→ **Data records**:
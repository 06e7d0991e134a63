//! What is read off the places that a circuit keeps is what the words of its log say.

ghost use Rattle.std.specs.Prelude.{◌≡◌, ◌≢◌, ◌+◌, ◌%◌, ◌==◌, ℕ, position, option_and_then, option_map, nat_lt, nat_le, length, is_none, not, if◌then◌else◌, Some, None};
ghost use Rattle.circuit_model.specs.Log.{Log};
ghost use Rattle.circuit_model.specs.Places.{live_place, taken_places};
ghost use Rattle.circuit_model.specs.Streams.{place_limit};
ghost use Rattle.circuit_model.specs.Windows.{stream_packaged, stream_grant, carried_count, drained_count, accept_grant as log_accept_grant};
ghost use Rattle.tor_spec.specs.StreamWindow.{stream_start, stream_step};
ghost use Rattle.stream_edge.specs.PlacesState.{PlacesState, held_at};
ghost use Rattle.stream_edge.specs.Streams.{is_free, is_live_as, pack_grant, accept_grant, may_package, may_accept, may_credit, sendme_due};
ghost use Rattle.stream_edge.specs.declared.placed_stream.PlacedStream.{PlacedStream};
ghost use Rattle.circ_relay.specs.PlacesOfLog.{AreNamed, ArePlaces, taken_count};

use stream_edge::Phase;

/// The place at which the state has a StreamID live is the log's live place of that StreamID.
pub fn the_live_stream_is_the_live_place()
    ensures serial { (state : PlacesState) (log : Log) (id : ℕ) → ArePlaces state log → AreNamed log →
        option_and_then (λ place. option_map (λ (h : PlacedStream). h.serial) (held_at state place)) (position (is_live_as id) state.streams) ≡ live_place log id }
    ensures found { (state : PlacesState) (log : Log) (id place : ℕ) → ArePlaces state log → AreNamed log →
        position (is_live_as id) state.streams ≡ Some place →
        (h : PlacedStream) × (held_at state place ≡ Some h) × (h.stream ≡ id) × (h.phase ≢ Phase.Ending) × (live_place log id ≡ Some h.serial) }
    ensures absent { (state : PlacesState) (log : Log) (id : ℕ) → ArePlaces state log → AreNamed log →
        position (is_live_as id) state.streams ≡ None → live_place log id ≡ None }
    ensures live { (state : PlacesState) (log : Log) (place : ℕ) (h : PlacedStream) → ArePlaces state log → AreNamed log →
        held_at state place ≡ Some h → h.phase ≢ Phase.Ending → live_place log h.stream ≡ Some h.serial }
{}

/// A held stream's windows, and what they allow, are those of its place.
pub fn windows_are_those_of_the_log()
    ensures pack_grant { (state : PlacesState) (log : Log) (place : ℕ) (h : PlacedStream) → ArePlaces state log →
        held_at state place ≡ Some h →
        pack_grant h ≡ stream_grant log h.serial }
    ensures accept_grant { (state : PlacesState) (log : Log) (place : ℕ) (h : PlacedStream) → ArePlaces state log →
        held_at state place ≡ Some h →
        accept_grant h ≡ log_accept_grant log h.serial }
    ensures may_package { (state : PlacesState) (log : Log) (place : ℕ) (h : PlacedStream) → ArePlaces state log →
        held_at state place ≡ Some h →
        may_package h ≡ nat_lt (stream_packaged log h.serial) (stream_grant log h.serial) }
    ensures may_accept { (state : PlacesState) (log : Log) (place : ℕ) (h : PlacedStream) → ArePlaces state log →
        held_at state place ≡ Some h →
        may_accept h ≡ not (nat_le (log_accept_grant log h.serial) (carried_count log h.serial)) }
    ensures may_credit { (state : PlacesState) (log : Log) (place : ℕ) (h : PlacedStream) → ArePlaces state log →
        held_at state place ≡ Some h →
        may_credit h ≡ not (nat_lt (stream_start + stream_packaged log h.serial) (stream_grant log h.serial + stream_step)) }
    ensures sendme_due { (state : PlacesState) (log : Log) (place : ℕ) (h : PlacedStream) → ArePlaces state log →
        held_at state place ≡ Some h →
        sendme_due h ≡ (if nat_lt (drained_count log h.serial) (carried_count log h.serial) then Some (((drained_count log h.serial + 1) % stream_step) == 0) else None) }
{}

/// As many places are taken as places of the log aren't freed; none is free exactly where these are as
/// many as a circuit has room for.
pub fn taken_places_are_those_of_the_log()
    ensures count { (state : PlacesState) (log : Log) → ArePlaces state log → AreNamed log →
        taken_count state ≡ taken_places log }
    ensures full { (state : PlacesState) (log : Log) → ArePlaces state log → AreNamed log → length state.streams ≡ 32 →
        is_none (position is_free state.streams) ≡ nat_le place_limit (taken_places log) }
{}
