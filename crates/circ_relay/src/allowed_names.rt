// Which names a stream may reach, and where each leads.

ghost use Rattle.std.specs.Prelude.{◌≡◌, find, map, option_map};
ghost use Rattle.circuit_model.specs.Rules.{allows, has_host, allowed_address, resolved_address};
ghost use Rattle.circ_relay.specs.Values.{address_of, allow_of, rules_of};

use crate::rules::{Allow, Rules};
use tr_io::names::Dest;

impl Allow {
    fn has_host(&self, host: &[u8]) -> bool
        ensures { result ≡ has_host host.now (allow_of self.now) }
    {
        self.host.as_slice().eq_ignore_ascii_case(host)
    }

    fn allows(&self, host: &[u8], port: u16) -> bool
        ensures { result ≡ allows (record { host = host.now; port = port }) (allow_of self.now) }
    {
        self.has_host(host) && self.port == port
    }
}

impl Rules {
    /// Where a stream to this host and port leads, if it is allowed.
    #[tactic(auto, unfolding(circuit_model::specs::Rules::allowed_address))]
    pub fn allowed(&self, host: &[u8], port: u16) -> Option<Dest>
        ensures { option_map address_of result ≡ allowed_address (rules_of self.now) (record { host = host.now; port = port }) }
    {
        allowed_among(self.allow.as_slice(), host, port)
    }

    /// What a host name resolves to: the address of the first line that has it, at any port.
    #[tactic(auto, unfolding(circuit_model::specs::Rules::resolved_address))]
    pub fn resolved(&self, host: &[u8]) -> Option<Dest>
        ensures { option_map address_of result ≡ resolved_address (rules_of self.now) host.now }
    {
        resolved_among(self.allow.as_slice(), host)
    }
}

fn allowed_among(lines: &[Allow], host: &[u8], port: u16) -> Option<Dest>
    ensures { option_map address_of result
        ≡ option_map (λ line. line.to) (find (allows (record { host = host.now; port = port })) (map allow_of lines.now)) }
{
    let (line, rest) = lines.split_first()?;
    if line.allows(host, port) {
        Some(line.to)
    } else {
        allowed_among(rest, host, port)
    }
}

fn resolved_among(lines: &[Allow], host: &[u8]) -> Option<Dest>
    ensures { option_map address_of result ≡ option_map (λ line. line.to) (find (has_host host.now) (map allow_of lines.now)) }
{
    let (line, rest) = lines.split_first()?;
    if line.has_host(host) {
        Some(line.to)
    } else {
        resolved_among(rest, host)
    }
}
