//! A plain program for the one-thread relay of one circuit: for every event it goes over the whole
//! list of events before it and keeps nothing. Its contract is the definition of `circuit_model`
//! itself. It is slow, and a yardstick for a relay that keeps windows, queues and running digests:
//! both must give the same effects.
#![tactic(auto, using(crate::proofs::Logs::log_of_more))]

pub mod edge;
pub mod extending;
pub mod log;
pub mod next_hop;
pub mod opened;
pub mod packaged;
pub mod places;
pub mod received;
pub mod relay;
pub mod rules;
pub mod sendme;
pub mod streams;
#[cfg(test)]
mod tests;
pub mod windows;
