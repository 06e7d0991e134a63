//! Messages that concern streams.

ghost use Rattle.std.specs.Prelude.{◌≡◌, IfOk, IsTrue, option_and_then};
ghost use Rattle.tor_spec.specs.RelayCell.{fits_length, relay_body, resolved_command, sendme_command};
ghost use Rattle.tor_spec.specs.Resolve.{resolve_host};
ghost use Rattle.tor_spec.specs.Sendme.{sendme_payload};
ghost use Rattle.circuit_model.specs.Rules.{resolved_address};
ghost use Rattle.circuit_model.specs.Streams.{ending, begin_effects, acknowledging, data_effects, end_effects, stream_sendme_at, sendme_effects, resolved_value, resolve_effects};
ghost use Rattle.plain_circuit.specs.Values.{log_of, rules_of};

use crate::log::Entry;
use crate::packaged::packaging;
use crate::places::{place_count, taken_places};
use crate::rules::{Rules, allowed_address, resolved_address};
use crate::sendme::is_right_sendme;
use crate::windows::{
    CIRCUIT_STEP, STREAM_START, STREAM_STEP, accept_grant, accepted_data, carried_count, grant_for,
    packed_for,
};
use cell_codec::destroy_reason;
use circuit_model::{Effects, Message, Order, Payload, StreamKey};
use relay_cell::{
    circuit_sendme_body, end_body, end_reason, read_begin, read_resolve, resolved_body,
    resolved_type, stream_end,
};
use std::alloc::{AllocError, Global};
use tor_spec::Address;

/// The places that a circuit has room for.
const PLACE_LIMIT: usize = 32;

/// For how many seconds answers about names may be kept.
pub const TIME_TO_LIVE: u32 = 60;

/// An END with this reason.
#[tactic(auto, using(tor_spec::proofs::Bodies::relay_body_fits))]
pub fn ending(
    alloc: Global,
    log: &[Entry<'_>],
    stream: u16,
    reason: u8,
) -> Result<Effects, AllocError>
    ensures { IfOk result (λ effects. effects ≡ ending (log_of log.now) stream reason) }
{
    packaging(alloc, log, &end_body(stream, reason))
}

/// BEGIN.
pub fn begin_effects(
    alloc: Global,
    rules: &Rules,
    log: &[Entry<'_>],
    message: &Message,
) -> Result<Effects, AllocError>
    ensures { IfOk result (λ effects. effects ≡ begin_effects (rules_of rules.now) (log_of log.now) message.now) }
{
    if message.stream == 0 || message.place.is_some() {
        return Ok(Effects::closing(destroy_reason::PROTOCOL));
    }
    let Some(target) = read_begin(message.payload.as_slice()) else {
        return ending(alloc, log, message.stream, stream_end::TOR_PROTOCOL);
    };
    if taken_places(alloc, log)? >= PLACE_LIMIT {
        return ending(alloc, log, message.stream, stream_end::RESOURCE_LIMIT);
    }
    let Some(to) = allowed_address(rules, target.host, target.port) else {
        return ending(alloc, log, message.stream, stream_end::EXIT_POLICY);
    };
    let serial = place_count(alloc, log)?;
    let key = StreamKey {
        stream: message.stream,
        serial,
    };
    Ok(Effects::ordering(Order::Reach(key, to)))
}

/// The SENDME that acknowledges the DATA with this digest.
#[tactic(auto, using(tor_spec::proofs::Fitting::body_fits, tor_spec::proofs::Fitting::proof_fits))]
fn acknowledgement(digest: &[u8; 20]) -> [u8; 509]
    ensures body { result ≡ relay_body sendme_command 0 (sendme_payload digest.now) }
    ensures fits { IsTrue (fits_length result) }
{
    circuit_sendme_body(digest)
}

/// Each 100th DATA that the circuit accepts is acknowledged with the digest of its body.
fn acknowledging(alloc: Global, log: &[Entry<'_>], message: &Message) -> Result<Effects, AllocError>
    ensures { IfOk result (λ effects. effects ≡ acknowledging (log_of log.now) message.now) }
{
    if (accepted_data(log) as u128 + 1) % CIRCUIT_STEP == 0 {
        packaging(alloc, log, &acknowledgement(&message.digest))
    } else {
        Ok(Effects::none())
    }
}

/// DATA.
pub fn data_effects(
    alloc: Global,
    log: &[Entry<'_>],
    message: &Message,
) -> Result<Effects, AllocError>
    ensures { IfOk result (λ effects. effects ≡ data_effects (log_of log.now) message.now) }
{
    let Some(serial) = message.place else {
        return acknowledging(alloc, log, message);
    };
    if accept_grant(log, serial) <= carried_count(log, serial) as u128 {
        return Ok(Effects::closing(destroy_reason::PROTOCOL));
    }
    let bytes = Payload::of(alloc, message.payload.as_slice())?;
    let key = StreamKey {
        stream: message.stream,
        serial,
    };
    let acknowledgement_effects = acknowledging(alloc, log, message)?;
    Ok(Effects {
        edge: Some(Order::Carry(key, bytes)),
        ..acknowledgement_effects
    })
}

/// END.
pub fn end_effects(message: &Message) -> Effects
    ensures { result ≡ end_effects message.now }
{
    match message.place {
        Some(serial) => {
            let key = StreamKey {
                stream: message.stream,
                serial,
            };
            Effects::ordering(Order::Close(key, end_reason(message.payload.as_slice())))
        }
        None => Effects::none(),
    }
}

/// A SENDME of a stream. Its window stays at or below 500.
fn stream_sendme_effects(log: &[Entry<'_>], place: Option<usize>) -> Effects
    ensures { result ≡ stream_sendme_at (log_of log.now) place }
{
    match place {
        Some(serial)
            if STREAM_START + (packed_for(log, serial) as u128)
                < grant_for(log, serial) + STREAM_STEP => Effects::closing(
            destroy_reason::PROTOCOL,
        ),
        _ => Effects::none(),
    }
}

/// SENDME.
pub fn sendme_effects(
    alloc: Global,
    rules: &Rules,
    log: &[Entry<'_>],
    message: &Message,
) -> Result<Effects, AllocError>
    ensures { IfOk result (λ effects. effects ≡ sendme_effects (rules_of rules.now) (log_of log.now) message.now) }
{
    if message.stream != 0 {
        return Ok(stream_sendme_effects(log, message.place));
    }
    if is_right_sendme(alloc, rules, log, message.payload.as_slice())? {
        Ok(Effects::none())
    } else {
        Ok(Effects::closing(destroy_reason::PROTOCOL))
    }
}

/// The address of the name that a RESOLVE asks for.
fn looked_up(rules: &Rules, payload: &[u8]) -> Option<Address>
    ensures { result ≡ option_and_then (resolved_address (rules_of rules.now)) (resolve_host payload.now) }
{
    match read_resolve(payload) {
        Some(host) => resolved_address(rules, host),
        None => None,
    }
}

/// The RESOLVED with this address, or with a lasting error.
#[tactic(auto, using(tor_spec::proofs::Fitting::body_fits, tor_spec::proofs::Fitting::answer_fits))]
fn answer_body(stream: u16, to: Option<Address>) -> [u8; 509]
    ensures body { result ≡ relay_body resolved_command stream (resolved_value to) }
    ensures fits { IsTrue (fits_length result) }
{
    match to {
        Some(to) => resolved_body(stream, resolved_type::IPV4, &to.ip, TIME_TO_LIVE),
        None => resolved_body(stream, resolved_type::LASTING_ERROR, &[], TIME_TO_LIVE),
    }
}

/// RESOLVE.
pub fn resolve_effects(
    alloc: Global,
    rules: &Rules,
    log: &[Entry<'_>],
    message: &Message,
) -> Result<Effects, AllocError>
    ensures { IfOk result (λ effects. effects ≡ resolve_effects (rules_of rules.now) (log_of log.now) message.now) }
{
    let to = looked_up(rules, message.payload.as_slice());
    packaging(alloc, log, &answer_body(message.stream, to))
}
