//! What the standards say of the relay's cryptography: AES-128 (FIPS 197), counter mode
//! (NIST SP 800-38A), KDF-TOR (tor-spec, "KDF-TOR") and the running digest of relay cells
//! (tor-spec, "Relay cells"). The definitions stand in `specs/`, on whole lists of bytes;
//! contracts of the code crates cite them.
#![tactic(auto)]
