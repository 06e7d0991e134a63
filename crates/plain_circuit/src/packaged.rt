//! Relay bodies that this relay packages towards the client.

ghost use Rattle.std.specs.Prelude.{◌≡◌, IfOk, IsTrue, Some};
ghost use Rattle.tor_spec.specs.RelayCell.{fits_length};
ghost use Rattle.circuit_model.specs.Log.{no_effects};
ghost use Rattle.circuit_model.specs.Packaged.{packaged_by, own_bodies, digested, padded_by, finished};
ghost use Rattle.plain_circuit.specs.Values.{log_of};

use crate::log::Entry;
use crate::opened::{born_keys, born_pad, digest_of, keystream_for};
use circuit_model::{Effects, Event};
use relay_cell::{put_digest, put_padding};
use std::alloc::{AllocError, Global};

/// The body that an event has packaged: what goes back, unless it is the next hop's.
fn packaged_by(event: &Event, back: &Option<[u8; 509]>) -> Option<[u8; 509]>
    ensures { result ≡ packaged_by event.now back.now }
{
    match event {
        Event::Backward(_) => None,
        _ => *back,
    }
}

/// All bodies that this relay packaged, oldest first.
pub fn own_bodies(alloc: Global, log: &[Entry<'_>]) -> Result<Vec<[u8; 509]>, AllocError>
    ensures { IfOk result (λ bodies. bodies.items ≡ own_bodies (log_of log.now)) }
{
    let mut bodies = Vec::new(alloc);
    for entry in log {
        if let Some(body) = packaged_by(entry.event, &entry.effects.back) {
            bodies.push(body)?;
        }
    }
    Ok(bodies)
}

/// The body with its Digest: the first four bytes of the running digest of all packaged bodies and
/// this one.
#[tactic(auto, unfolding(circuit_model::specs::Packaged::digested))]
fn digested(alloc: Global, log: &[Entry<'_>], body: &[u8; 509]) -> Result<[u8; 509], AllocError>
    ensures { IfOk result (λ digested_body. digested_body ≡ digested (log_of log.now) body.now) }
{
    let mut bodies = own_bodies(alloc, log)?;
    bodies.push(*body)?;
    let [a, b, c, d, ..] = digest_of(&born_keys(log).db, &bodies);
    let mut digested_body = *body;
    put_digest(&mut digested_body, [a, b, c, d]);
    Ok(digested_body)
}

/// Body number `n` with its padding: by a key its keystream, else zero.
fn padded_by(pad: &Option<[u8; 16]>, n: usize, body: &[u8; 509]) -> [u8; 509]
    requires { IsTrue (fits_length body.now) }
    ensures { result ≡ padded_by pad.now n body.now }
{
    let mut padded_body = *body;
    if let Some(key) = pad {
        put_padding(&mut padded_body, &keystream_for(key, n));
    }
    padded_body
}

/// The next body that this relay packages, with its padding and its Digest.
fn finished(alloc: Global, log: &[Entry<'_>], body: &[u8; 509]) -> Result<[u8; 509], AllocError>
    requires { IsTrue (fits_length body.now) }
    ensures { IfOk result (λ finished_body. finished_body ≡ finished (log_of log.now) body.now) }
{
    let number = own_bodies(alloc, log)?.len();
    digested(alloc, log, &padded_by(&born_pad(log), number, body))
}

/// Packages this body.
pub fn packaging(alloc: Global, log: &[Entry<'_>], body: &[u8; 509]) -> Result<Effects, AllocError>
    requires { IsTrue (fits_length body.now) }
    ensures { IfOk result (λ effects. effects ≡ record no_effects { back = Some (finished (log_of log.now) body.now) }) }
{
    let body = finished(alloc, log, body)?;
    Ok(Effects {
        back: Some(body),
        ..Effects::none()
    })
}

→ **Task to carry out**: Which lines in the records contain the word "RelayCell"? Copy each one.

→ **Problem solution**:
ghost use Rattle.tor_spec.specs.RelayCell.{fits_length, relay_body, resolved_command, sendme_command};
ghost use Rattle.tor_spec.specs.RelayCell.{fits_length};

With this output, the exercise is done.